Scalable Parameterisation of a Lumped Parameter Thermal Network Applicable for Multiple Electric Motor Variants for EV Applications

Conference: Elektromechanische Antriebssysteme 2025, Electromechanical Drive Systems 2025 - Tagungsband der 10. Fachtagung (VDE OVE)
10/08/2025 at München, Germany

Proceedings: ETG-Fb. 177: Antriebssysteme 2025

Pages: 7Language: englishTyp: PDF

Authors:
Joshi, Hrishikesh; Seilmeier, Markus; Burkhardt, Yves; Hofmann, Wilfried

Abstract:
Estimating the temperature of permanent magnets is vital to generating high-accuracy torque by adapting the permanent magnet (PM) flux in Electric vehicle (EV) applications.
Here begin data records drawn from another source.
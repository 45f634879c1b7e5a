//! Comparisons of numbers, which a condition puts on metavariables.

use crate::boxed::Boxed;
use crate::same::Same;
use node_tree::{List, Memory, Text, Twin};

/// How two neighbours in a chain compare.
#[derive(Clone, Copy, Debug, PartialEq, Eq)]
pub enum CompareOp {
    Less,
    LessEqual,
    Greater,
    GreaterEqual,
    Equal,
    NotEqual,
}

/// An operation on two numbers. `Divide` and `Remainder` round down.
#[derive(Clone, Copy, Debug, PartialEq, Eq)]
pub enum ArithOp {
    Plus,
    Minus,
    Times,
    Divide,
    Remainder,
}

/// What stands for a number in a comparison.
#[derive(Drop)]
pub enum Amount {
    /// A number as written.
    Number(i128),
    /// `$NAME`: the number that the bound text writes. The name has its `$`.
    Value(Text),
    /// `int($NAME)`: the number that the content of the bound string writes. The name has its `$`.
    Content(Text),
    /// An amount with the other sign.
    Negated(Boxed<Amount>),
    /// An operation on two amounts, the left one first.
    Arith(ArithOp, Boxed<Amount>, Boxed<Amount>),
}

/// A truth about numbers.
#[derive(Drop)]
pub enum Comparison {
    Or(Boxed<Comparison>, Boxed<Comparison>),
    And(Boxed<Comparison>, Boxed<Comparison>),
    Not(Boxed<Comparison>),
    /// Amounts with an operator between each two neighbours. A chain that was read has at least one operator, and one amount
    /// more than operators. A chain of another shape is false.
    Chain(List<Amount>, List<CompareOp>),
}

impl Same for CompareOp {
    fn same(&self, other: &CompareOp) -> bool {
        *self == *other
    }
}

impl Twin for CompareOp {
    fn copy(&self) -> Result<CompareOp, Memory> {
        Ok(*self)
    }
}

impl Same for Amount {
    fn same(&self, other: &Amount) -> bool {
        match (self, other) {
            (Amount::Number(a), Amount::Number(b)) => *a == *b,
            (Amount::Value(a), Amount::Value(b)) => a.is_same(b),
            (Amount::Content(a), Amount::Content(b)) => a.is_same(b),
            (Amount::Negated(a), Amount::Negated(b)) => a.get().same(b.get()),
            (Amount::Arith(f, a, b), Amount::Arith(g, c, d)) => {
                *f == *g && a.get().same(c.get()) && b.get().same(d.get())
            }
            _ => false,
        }
    }
}

impl Twin for Amount {
    fn copy(&self) -> Result<Amount, Memory> {
        match self {
            Amount::Number(number) => Ok(Amount::Number(*number)),
            Amount::Value(name) => Ok(Amount::Value(name.copy()?)),
            Amount::Content(name) => Ok(Amount::Content(name.copy()?)),
            Amount::Negated(a) => Ok(Amount::Negated(Boxed::new(a.alloc(), a.get().copy()?)?)),
            Amount::Arith(op, a, b) => {
                let left = Boxed::new(a.alloc(), a.get().copy()?)?;
                let right = Boxed::new(b.alloc(), b.get().copy()?)?;
                Ok(Amount::Arith(*op, left, right))
            }
        }
    }
}

impl Same for Comparison {
    fn same(&self, other: &Comparison) -> bool {
        match (self, other) {
            (Comparison::Or(a, b), Comparison::Or(c, d)) => {
                a.get().same(c.get()) && b.get().same(d.get())
            }
            (Comparison::And(a, b), Comparison::And(c, d)) => {
                a.get().same(c.get()) && b.get().same(d.get())
            }
            (Comparison::Not(a), Comparison::Not(b)) => a.get().same(b.get()),
            (Comparison::Chain(amounts, ops), Comparison::Chain(others, more)) => {
                amounts.same(others) && ops.same(more)
            }
            _ => false,
        }
    }
}

impl Twin for Comparison {
    fn copy(&self) -> Result<Comparison, Memory> {
        match self {
            Comparison::Or(a, b) => {
                let left = Boxed::new(a.alloc(), a.get().copy()?)?;
                let right = Boxed::new(b.alloc(), b.get().copy()?)?;
                Ok(Comparison::Or(left, right))
            }
            Comparison::And(a, b) => {
                let left = Boxed::new(a.alloc(), a.get().copy()?)?;
                let right = Boxed::new(b.alloc(), b.get().copy()?)?;
                Ok(Comparison::And(left, right))
            }
            Comparison::Not(a) => Ok(Comparison::Not(Boxed::new(a.alloc(), a.get().copy()?)?)),
            Comparison::Chain(amounts, ops) => Ok(Comparison::Chain(amounts.copy()?, ops.copy()?)),
        }
    }
}
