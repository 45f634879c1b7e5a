//! Rules as they are read: the formulas over patterns, the conditions on metavariables, and what goes with a finding.
#![tactic(auto)]

mod boxed;
mod comparison;
mod formula;
mod rule;
mod same;

pub use boxed::Boxed;
pub use comparison::{Amount, ArithOp, CompareOp, Comparison};
pub use formula::{Child, Formula};
pub use rule::{Body, Part, Propagator, Rule, Severity, TaintRule};
pub use same::{Same, same_all};
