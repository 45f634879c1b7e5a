//! Formulas over patterns and regular expressions.

ghost use Rattle.std.specs.Prelude.{◌≡◌, ◌↔◌, IsTrue, IfOk};

use crate::comparison::Comparison;
use crate::same::Same;
use node_tree::{List, Memory, Text, Twin};

/// Which ranges of a file match, and with which bindings.
#[cycle(formula)]
#[derive(Drop)]
pub enum Formula {
    /// What the pattern with that number in the part matches, counted from 0.
    Leaf(u32),
    /// The matches of the regular expression with that number in the rule's `texts`, counted from 0.
    Regex(u32),
    /// What some of the formulas match.
    Any(List<Formula>),
    /// What all the children allow.
    All(List<Child>),
}

/// A child of `All`: an operand, what is taken away, a condition, or what is shown in place of the whole range.
#[cycle(formula)]
#[derive(Drop)]
pub enum Child {
    /// The range is one of the formula's.
    Positive(Formula),
    /// The range lies in one of the formula's.
    Inside(Formula),
    /// The range is none of the formula's.
    Not(Formula),
    /// The range lies in none of the formula's.
    NotInside(Formula),
    /// The range shares no byte with a match of the regular expression with that number in `texts`.
    NotRegex(u32),
    /// The text bound to the name has, at its start, a match of the regular expression with that number in `texts`.
    MetaRegex(Text, u32),
    /// The comparison holds.
    MetaCompare(Comparison),
    /// What is bound to the name matches the formula.
    MetaPattern(Text, Formula),
    /// The ranges of the names stand in place of the whole.
    Focus(List<Text>),
}

impl Same for Formula {
    #[cycle(same_formula)]
    fn same(&self, other: &Formula) -> bool {
        match (self, other) {
            (Formula::Leaf(a), Formula::Leaf(b)) => *a == *b,
            (Formula::Regex(a), Formula::Regex(b)) => *a == *b,
            (Formula::Any(a), Formula::Any(b)) => same_formulas(a.as_slice(), b.as_slice()),
            (Formula::All(a), Formula::All(b)) => same_children(a.as_slice(), b.as_slice()),
            _ => false,
        }
    }
}

impl Same for Child {
    #[cycle(same_formula)]
    fn same(&self, other: &Child) -> bool {
        match (self, other) {
            (Child::Positive(a), Child::Positive(b)) => a.same(b),
            (Child::Inside(a), Child::Inside(b)) => a.same(b),
            (Child::Not(a), Child::Not(b)) => a.same(b),
            (Child::NotInside(a), Child::NotInside(b)) => a.same(b),
            (Child::NotRegex(a), Child::NotRegex(b)) => *a == *b,
            (Child::MetaRegex(a, i), Child::MetaRegex(b, j)) => a.is_same(b) && *i == *j,
            (Child::MetaCompare(a), Child::MetaCompare(b)) => a.same(b),
            (Child::MetaPattern(a, f), Child::MetaPattern(b, g)) => a.is_same(b) && f.same(g),
            (Child::Focus(a), Child::Focus(b)) => a.same(b),
            _ => false,
        }
    }
}

#[cycle(same_formula)]
fn same_formulas(a: &[Formula], b: &[Formula]) -> bool
    ensures { IsTrue result ↔ (a.now ≡ b.now) }
{
    if a.len() != b.len() {
        return false;
    }
    for (i, item) in a.iter().enumerate() {
        if !item.same(&b[i]) {
            return false;
        }
    }
    true
}

#[cycle(same_formula)]
fn same_children(a: &[Child], b: &[Child]) -> bool
    ensures { IsTrue result ↔ (a.now ≡ b.now) }
{
    if a.len() != b.len() {
        return false;
    }
    for (i, item) in a.iter().enumerate() {
        if !item.same(&b[i]) {
            return false;
        }
    }
    true
}

impl Twin for Formula {
    #[cycle(copy_formula)]
    fn copy(&self) -> Result<Formula, Memory> {
        match self {
            Formula::Leaf(number) => Ok(Formula::Leaf(*number)),
            Formula::Regex(number) => Ok(Formula::Regex(*number)),
            Formula::Any(formulas) => Ok(Formula::Any(copy_formulas(formulas)?)),
            Formula::All(children) => Ok(Formula::All(copy_children(children)?)),
        }
    }
}

impl Twin for Child {
    #[cycle(copy_formula)]
    fn copy(&self) -> Result<Child, Memory> {
        match self {
            Child::Positive(formula) => Ok(Child::Positive(formula.copy()?)),
            Child::Inside(formula) => Ok(Child::Inside(formula.copy()?)),
            Child::Not(formula) => Ok(Child::Not(formula.copy()?)),
            Child::NotInside(formula) => Ok(Child::NotInside(formula.copy()?)),
            Child::NotRegex(number) => Ok(Child::NotRegex(*number)),
            Child::MetaRegex(name, number) => Ok(Child::MetaRegex(name.copy()?, *number)),
            Child::MetaCompare(comparison) => Ok(Child::MetaCompare(comparison.copy()?)),
            Child::MetaPattern(name, formula) => {
                let name = name.copy()?;
                Ok(Child::MetaPattern(name, formula.copy()?))
            }
            Child::Focus(names) => Ok(Child::Focus(names.copy()?)),
        }
    }
}

#[cycle(copy_formula)]
fn copy_formulas(formulas: &List<Formula>) -> Result<List<Formula>, Memory>
    ensures { IfOk result (λ copies. copies ≡ formulas.now) }
{
    let mut copies = List::new(formulas.alloc());
    for formula in formulas.as_slice() {
        copies.push(formula.copy()?)?;
    }
    Ok(copies)
}

#[cycle(copy_formula)]
fn copy_children(children: &List<Child>) -> Result<List<Child>, Memory>
    ensures { IfOk result (λ copies. copies ≡ children.now) }
{
    let mut copies = List::new(children.alloc());
    for child in children.as_slice() {
        copies.push(child.copy()?)?;
    }
    Ok(copies)
}
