//! Takes answers that were shown before.
ghost use Rattle.std.specs.Prelude.{Ok};
ghost use Rattle.laws_engine.specs.Promises.{KeepsItsPromises};
ghost use Rattle.leases.specs.Shown.{engine_in};
ghost use Rattle.leases.specs.Takes.{Peeks, Takes};
ghost use Rattle.leases.specs.Whole.{HasNumbers, IsWhole};

use crate::engine::Engine;
use answer_rows::AnswerRows;

impl Engine {
    /// Takes the answers that a peek at this query with this limit showed, and leaves the engine as
    /// `take_flat` does. So whoever needs memory for the answers gets it before they are taken.
    /// The answers that were shown must still be the query's first: call nothing else that takes
    /// answers, or drops the query, in between. Takes no memory.
    ///
    /// Example: `answers_are_taken_once_they_are_kept` in crates/uses/src/engine.rt.
    pub fn take_shown(&mut self, query: u64, limit: i64, shown: &AnswerRows)
        requires { Peeks (λ rows. rows) (engine_in self.old) query limit (Ok shown.now) }
        ensures takes { Takes (λ rows. rows) (engine_in self.old) query limit (Ok shown.now)
            (engine_in self.new) }
        ensures whole { IsWhole self.old → IsWhole self.new }
        ensures spent { HasNumbers self.new → HasNumbers self.old }
        ensures promises { KeepsItsPromises (engine_in self.new) }
    {
        self.state.take_shown(query, limit, shown);
    }
}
Prior research explains the consequences of neglecting PM temperature estimation, followed by the PM temperature estimation methods. This paper investigates the scaling laws and describes their application on lumped parameter thermal networks (LPTN). When performing a geometrical scaling of machine design to determine its performance, especially with known parameters of LPTN for the reference motor variant, an individual can calculate LPTN parameters for the scaled-motor variant without investing much time and effort. Fundamentally, it consists of multiple and crucial scaling procedures: rewinding, axial and radial scaling. This paper considers only axial scaling for two motor variants of the same outer diameter. Additionally, it highlights model order reduction (MOR) methods using three different orders of LPTN. Simulation results from experimental data reveal that the proposed theory satisfies the preconditions for practical implementation. Moreover, it overcomes the cost, time, and drawbacks of implementing an LPTN for each motor variant separately by providing realistic and acceptable results.